### [Work to be completed]
With the records below as your source, retype each line exactly from the top down to the line that contains "#[derive(Drop)]", and include that line.

### [Records shown]
● ● ● ● ●

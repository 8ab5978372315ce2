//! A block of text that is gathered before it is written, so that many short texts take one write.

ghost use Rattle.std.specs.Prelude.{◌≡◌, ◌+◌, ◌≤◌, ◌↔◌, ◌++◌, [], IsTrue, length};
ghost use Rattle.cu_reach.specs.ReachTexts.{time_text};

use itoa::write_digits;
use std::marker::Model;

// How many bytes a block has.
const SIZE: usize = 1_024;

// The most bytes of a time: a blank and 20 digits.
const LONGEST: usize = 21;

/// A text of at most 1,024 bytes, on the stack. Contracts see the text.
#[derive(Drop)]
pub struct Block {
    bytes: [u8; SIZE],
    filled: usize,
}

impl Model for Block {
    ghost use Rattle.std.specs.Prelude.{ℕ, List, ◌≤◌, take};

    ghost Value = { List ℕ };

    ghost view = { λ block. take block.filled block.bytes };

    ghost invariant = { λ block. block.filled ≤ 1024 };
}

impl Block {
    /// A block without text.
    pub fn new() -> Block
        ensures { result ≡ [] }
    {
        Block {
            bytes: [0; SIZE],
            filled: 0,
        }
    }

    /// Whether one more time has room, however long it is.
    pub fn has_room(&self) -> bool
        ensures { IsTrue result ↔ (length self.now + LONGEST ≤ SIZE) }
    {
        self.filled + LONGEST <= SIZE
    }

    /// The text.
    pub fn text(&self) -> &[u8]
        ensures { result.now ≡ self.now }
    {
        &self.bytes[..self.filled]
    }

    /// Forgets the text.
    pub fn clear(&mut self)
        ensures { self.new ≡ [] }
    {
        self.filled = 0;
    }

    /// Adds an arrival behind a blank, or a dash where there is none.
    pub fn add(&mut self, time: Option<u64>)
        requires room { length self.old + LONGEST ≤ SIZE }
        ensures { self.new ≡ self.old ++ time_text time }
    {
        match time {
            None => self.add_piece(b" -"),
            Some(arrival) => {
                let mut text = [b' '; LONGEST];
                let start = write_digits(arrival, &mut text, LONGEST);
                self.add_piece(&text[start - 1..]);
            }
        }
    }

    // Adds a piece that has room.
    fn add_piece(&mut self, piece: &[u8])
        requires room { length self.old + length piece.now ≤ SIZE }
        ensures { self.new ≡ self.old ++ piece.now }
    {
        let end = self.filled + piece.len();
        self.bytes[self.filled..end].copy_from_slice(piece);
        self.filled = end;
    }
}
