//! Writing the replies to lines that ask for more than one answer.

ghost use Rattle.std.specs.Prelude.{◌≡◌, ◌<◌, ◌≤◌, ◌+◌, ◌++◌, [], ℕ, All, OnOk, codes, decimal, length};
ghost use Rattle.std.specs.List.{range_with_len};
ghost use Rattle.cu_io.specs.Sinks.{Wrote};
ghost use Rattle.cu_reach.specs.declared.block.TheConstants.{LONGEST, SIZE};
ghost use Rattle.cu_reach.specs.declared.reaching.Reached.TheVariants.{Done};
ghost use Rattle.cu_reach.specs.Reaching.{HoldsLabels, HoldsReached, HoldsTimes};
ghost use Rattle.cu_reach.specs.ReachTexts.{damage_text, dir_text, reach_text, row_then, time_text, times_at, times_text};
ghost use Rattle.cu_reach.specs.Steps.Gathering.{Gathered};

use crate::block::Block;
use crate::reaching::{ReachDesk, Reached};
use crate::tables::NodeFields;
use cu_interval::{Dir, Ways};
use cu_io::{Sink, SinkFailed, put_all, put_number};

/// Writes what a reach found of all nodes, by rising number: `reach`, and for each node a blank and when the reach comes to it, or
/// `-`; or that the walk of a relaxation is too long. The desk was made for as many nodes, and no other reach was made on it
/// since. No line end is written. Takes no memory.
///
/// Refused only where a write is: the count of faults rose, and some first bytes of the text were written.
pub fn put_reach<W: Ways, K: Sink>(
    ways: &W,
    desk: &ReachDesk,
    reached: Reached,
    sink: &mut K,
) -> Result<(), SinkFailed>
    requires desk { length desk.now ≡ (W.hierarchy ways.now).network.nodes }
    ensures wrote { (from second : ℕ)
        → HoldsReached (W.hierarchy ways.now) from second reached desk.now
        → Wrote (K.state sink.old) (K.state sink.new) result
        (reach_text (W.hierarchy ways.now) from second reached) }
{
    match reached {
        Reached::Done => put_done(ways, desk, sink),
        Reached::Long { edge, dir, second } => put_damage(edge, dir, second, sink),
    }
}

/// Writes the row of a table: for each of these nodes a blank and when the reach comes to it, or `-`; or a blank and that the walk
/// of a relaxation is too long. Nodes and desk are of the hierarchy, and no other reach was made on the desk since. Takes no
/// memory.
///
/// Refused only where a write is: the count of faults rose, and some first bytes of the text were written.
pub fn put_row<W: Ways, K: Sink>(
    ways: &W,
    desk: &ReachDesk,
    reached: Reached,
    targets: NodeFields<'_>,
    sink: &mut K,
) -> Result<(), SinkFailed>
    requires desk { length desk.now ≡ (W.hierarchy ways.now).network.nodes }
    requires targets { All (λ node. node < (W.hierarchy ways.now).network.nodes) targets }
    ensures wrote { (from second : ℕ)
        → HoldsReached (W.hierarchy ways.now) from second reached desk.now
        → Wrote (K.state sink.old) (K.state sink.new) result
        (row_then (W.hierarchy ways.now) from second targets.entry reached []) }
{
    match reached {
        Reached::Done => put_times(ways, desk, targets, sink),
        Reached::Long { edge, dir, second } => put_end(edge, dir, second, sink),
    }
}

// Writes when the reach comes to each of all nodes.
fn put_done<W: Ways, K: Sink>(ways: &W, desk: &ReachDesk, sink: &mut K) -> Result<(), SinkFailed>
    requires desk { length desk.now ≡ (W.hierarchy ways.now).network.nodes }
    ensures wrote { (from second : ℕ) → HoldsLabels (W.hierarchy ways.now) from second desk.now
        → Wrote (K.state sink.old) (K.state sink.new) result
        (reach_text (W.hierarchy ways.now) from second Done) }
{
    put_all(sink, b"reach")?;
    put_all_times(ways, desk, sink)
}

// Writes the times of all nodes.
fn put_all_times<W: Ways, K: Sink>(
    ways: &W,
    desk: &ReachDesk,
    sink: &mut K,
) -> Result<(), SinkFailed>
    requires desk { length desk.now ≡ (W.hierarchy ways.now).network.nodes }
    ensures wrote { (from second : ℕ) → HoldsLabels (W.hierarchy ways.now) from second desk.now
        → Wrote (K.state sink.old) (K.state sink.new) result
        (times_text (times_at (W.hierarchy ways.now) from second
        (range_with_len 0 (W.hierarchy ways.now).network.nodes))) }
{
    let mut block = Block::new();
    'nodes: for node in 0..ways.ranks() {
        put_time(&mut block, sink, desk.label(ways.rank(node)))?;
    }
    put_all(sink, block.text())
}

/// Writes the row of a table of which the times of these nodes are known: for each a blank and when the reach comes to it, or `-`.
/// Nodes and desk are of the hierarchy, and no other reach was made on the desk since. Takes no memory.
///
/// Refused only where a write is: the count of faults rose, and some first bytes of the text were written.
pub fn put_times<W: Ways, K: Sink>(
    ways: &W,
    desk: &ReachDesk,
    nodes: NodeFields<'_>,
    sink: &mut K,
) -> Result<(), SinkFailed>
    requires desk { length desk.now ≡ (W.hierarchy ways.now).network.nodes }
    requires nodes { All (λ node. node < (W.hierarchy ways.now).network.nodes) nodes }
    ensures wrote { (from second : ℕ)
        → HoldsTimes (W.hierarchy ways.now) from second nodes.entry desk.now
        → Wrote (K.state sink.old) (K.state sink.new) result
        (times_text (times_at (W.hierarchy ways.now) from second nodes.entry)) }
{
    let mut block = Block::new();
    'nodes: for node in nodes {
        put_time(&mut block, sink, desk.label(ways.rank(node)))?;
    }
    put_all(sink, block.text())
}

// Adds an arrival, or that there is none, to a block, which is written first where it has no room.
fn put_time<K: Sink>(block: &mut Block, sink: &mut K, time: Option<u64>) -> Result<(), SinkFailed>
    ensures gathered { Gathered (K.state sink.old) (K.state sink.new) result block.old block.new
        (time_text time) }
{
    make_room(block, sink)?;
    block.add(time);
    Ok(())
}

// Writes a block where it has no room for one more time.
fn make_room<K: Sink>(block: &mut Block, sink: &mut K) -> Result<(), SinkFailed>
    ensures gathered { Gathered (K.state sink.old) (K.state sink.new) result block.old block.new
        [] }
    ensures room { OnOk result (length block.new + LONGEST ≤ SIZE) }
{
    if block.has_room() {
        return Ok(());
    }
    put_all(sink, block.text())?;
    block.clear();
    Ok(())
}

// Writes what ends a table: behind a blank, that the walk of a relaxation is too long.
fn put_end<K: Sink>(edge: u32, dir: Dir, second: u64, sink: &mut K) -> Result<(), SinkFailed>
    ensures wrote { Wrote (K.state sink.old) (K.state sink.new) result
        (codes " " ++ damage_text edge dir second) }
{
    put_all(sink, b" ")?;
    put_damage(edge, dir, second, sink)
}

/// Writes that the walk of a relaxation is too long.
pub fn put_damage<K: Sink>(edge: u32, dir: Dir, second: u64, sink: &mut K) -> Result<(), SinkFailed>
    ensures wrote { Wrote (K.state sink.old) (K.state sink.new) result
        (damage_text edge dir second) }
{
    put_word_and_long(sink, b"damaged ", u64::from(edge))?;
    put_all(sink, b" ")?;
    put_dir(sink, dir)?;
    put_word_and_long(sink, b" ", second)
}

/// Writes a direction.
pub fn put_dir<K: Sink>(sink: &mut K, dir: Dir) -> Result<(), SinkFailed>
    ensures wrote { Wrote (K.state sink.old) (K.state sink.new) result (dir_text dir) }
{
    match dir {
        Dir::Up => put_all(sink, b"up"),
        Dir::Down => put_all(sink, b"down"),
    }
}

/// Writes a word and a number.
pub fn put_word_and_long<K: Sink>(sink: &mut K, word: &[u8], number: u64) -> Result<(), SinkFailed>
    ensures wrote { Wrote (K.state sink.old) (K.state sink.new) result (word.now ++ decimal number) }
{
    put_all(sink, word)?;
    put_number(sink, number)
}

● ● ● ● ●

### [Result for this exercise]
repository 8ab5978372315ce2
//! A block of text that is gathered before it is written, so that many short texts take one write.

ghost use Rattle.std.specs.Prelude.{◌≡◌, ◌+◌, ◌≤◌, ◌↔◌, ◌++◌, [], IsTrue, length};
ghost use Rattle.cu_reach.specs.ReachTexts.{time_text};

use itoa::write_digits;
use std::marker::Model;

// How many bytes a block has.
const SIZE: usize = 1_024;

// The most bytes of a time: a blank and 20 digits.
const LONGEST: usize = 21;

/// A text of at most 1,024 bytes, on the stack. Contracts see the text.
#[derive(Drop)]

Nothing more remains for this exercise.